For a time, the Movement grew very successfully, but they lost their effectiveness when chapters began to disagree with one another. Eventually, the Movement's efforts translated into the development of the National Association for the Advancement of Colored People (NAACP).

Of course there were other participants in this discussion of the future of the African-American race, including that of W. H. Thomas, another African-American man. Thomas believed that African Americans were "deplorably bad" and that it would require a "miracle" to make any sort of progress. As in the case of Washington and DuBois, Washington and Thomas have areas of agreement, though DuBois would not so agree: that the best chance for an African American was in the areas of farming and country life. In some respects, it is hard to compare the two as each has different intentions.

Similarly, Thomas Dixon, author of The Clansman (1905), began a newspaper controversy with Washington over the industrial system, most likely to encourage talk of his upcoming book.
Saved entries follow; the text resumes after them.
/// What `debug` reads and writes.
pub(crate) const DEBUG_ABOUT: &str = "\
Opens the replay of a log, as `wreplay replay` makes it, reads commands from
standard input, one in each line, and answers each on standard output:

  step T [N]      go on with thread T alone, by N steps, or by 1
  event T [N]     go on with thread T alone, up to behind its Nth event, or 1st
  finish T        go on with thread T alone, until its function returns
  continue        go on with all threads, up to a break
  again N         go on with all threads, past N breaks and up to the next
  back [N]        go back by N steps, or by 1, of whichever threads made them
  reverse         go back to the break before, or to the beginning
  goto T P        go to where thread T has made P events, from the beginning
  writer! FROM    go to behind the event that wrote the block of this byte last
  break F [N]     break where a thread comes to instruction N (0) of function F
  place T P       break behind the event of thread T after which it has made P
  write FROM LEN  break behind a write of a block that holds one of these bytes
  watch FROM LEN  break where the number in these 1, 2, 4 or 8 bytes changes;
        [N]       with N, where it comes to be N or is N no more
  delete          forget all breaks
  threads         how each thread stands, and where
  where T         how thread T stands, and where
  locals T [N]    the locals of the function that it runs, or of its Nth caller
  stack T [N]     its operands, the topmost first
  waits T         which events must come before the next event of thread T
  bytes FROM LEN  these bytes, and the versions of their blocks
  around T [N]    the last N events of thread T (5), and its next, as listed
  object O        which bytes object O is, its version, who wrote and read that
  writer FROM     which event wrote the block of this byte last, as T.P
  readers FROM    which events have read what was written there last
  way             the steps made so far, from the beginning on
  order           the same as a schedule, by which `wreplay record` comes here
  help            these commands
  quit            end; so does the end of the input

--order says which threads take turns before the first command, one turn for
each number, as for `wreplay replay`.

A step is one instruction. A thread waits at each access until the objects have
the versions that the log names, so where it cannot go on other threads have to
go on before: `waits` says up to which events. The same steps lead to the same
state, however often they are made. T.P is event P of thread T, counted from 0,
as `wreplay gather` lists it. What is watched changes where it is other than it
was where `continue`, `again` or `reverse` began, so `reverse` stops before the
write that made it what it is.";

/// How `debug` refuses.
pub(crate) const DEBUG_REFUSALS: &str = "\
Refusals (exit status 1), the first of them in this order:
  refused 1, 2, 3, 11, 12      MODULE, as `wreplay check` refuses it
  refused 12 to 17             PLAN, as `wreplay record` refuses it
  refused 41 to 43, 51, 58     PIECES, as `wreplay replay` refuses them
  refused 56 NoMemory          the replay does not fit into memory
  refused 23 NoMemory          a file does not fit into memory
  refused 44 SourceFailed      a file or the commands can't be read
  refused 45 SinkFailed        writing failed; a beginning was written

Example:
  printf 'goto 1 2\\nwriter 0\\nback 2\\n' | wreplay debug examples/lost.wasm \\
      examples/lost.plan examples/lost.pieces";

/// What `dap` reads and writes.
pub(crate) const ADAPTER_ABOUT: &str = "\
Answers an editor: reads requests of the Debug Adapter Protocol from standard
input and writes responses and events to standard output, each message behind a
line `Content-Length: N` and an empty one. The folder editors/vscode has what
makes an editor start it.

The editor's `launch` names the files, as the arguments of `wreplay debug` do:

  module                 the file of the module
  plan                   the file of the plan
  pieces                 a list with one name, the file of the pieces

The threads are those of the run, with numbers from 1 on; a frame of a stack is
a function and an instruction in it, which is its offset in the module, as in
0x1f. Its scopes are its locals, its operands, and the versions of the objects
that the next event of its thread touches, beside those for which it waits. The
memory's reference is `memory`.

  next, stepIn           go on with this thread alone, by a step
  stepOut                go on with this thread alone, until its function returns
  continue               go on with all threads, up to a break
  stepBack               go back by a step, of whichever thread made it
  reverseContinue        go back to the break before, or to the beginning
  function breakpoints   where a thread comes to the first instruction
  instruction            where a thread comes to the instruction at an offset
  data breakpoints       behind a write, of bytes that are named as in
                         write 0 4
  disassemble            instructions of a function, around one of them
  evaluate               any command of `wreplay debug` but `quit`, answered as
                         there

A request that can't be done is answered with a line that says why, and changes
nothing. `disconnect` and `terminate` end, and so does the end of the input.";

/// How `dap` refuses.
pub(crate) const ADAPTER_REFUSALS: &str = "\
Refusals (exit status 1):
  refused 44 SourceFailed  the input can't be read
  refused 45 SinkFailed    writing failed; a beginning was written
  refused 23 NoMemory      a message does not fit into memory
  refused 73 BadFrame      the input is no message of the protocol

What `launch` names may be refused, too, as `wreplay debug` refuses it: the
response says so, in such a line, and the exchange goes on, but no further
launch is taken.

Example:
  wreplay dap < examples/lost.requests > lost.responses";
He characterized the newfound independence of Tuskegee graduates as inciting competition: "Competition is war…. What will the [southern white man] do when put to the test? He will do exactly what his white neighbor in the North does when the Negro threatens his bread—kill him!"

==In popular culture==
In September 2011, a seven-part documentary series was produced by LionHeart FilmWorks and distributed by Mill Creek Entertainment. The series is not a direct adaption of Booker T. Washington autobiography Up from Slavery, but tells the story of enslavement in America. It spans the timeline from the first arrival of enslaved Africans at Jamestown in 1619, to the American Civil War in 1861, to the ratification of the 15th Amendment in 1870.

In 2024, a documentary titled Up from Slavery: The Story of Booker T. Washington came out by director Charles Dumas. He created a one man film that documented the life and education of Booker T. Washington. It has been rated as well written and well portrayed by critics, but is only accessible via his website.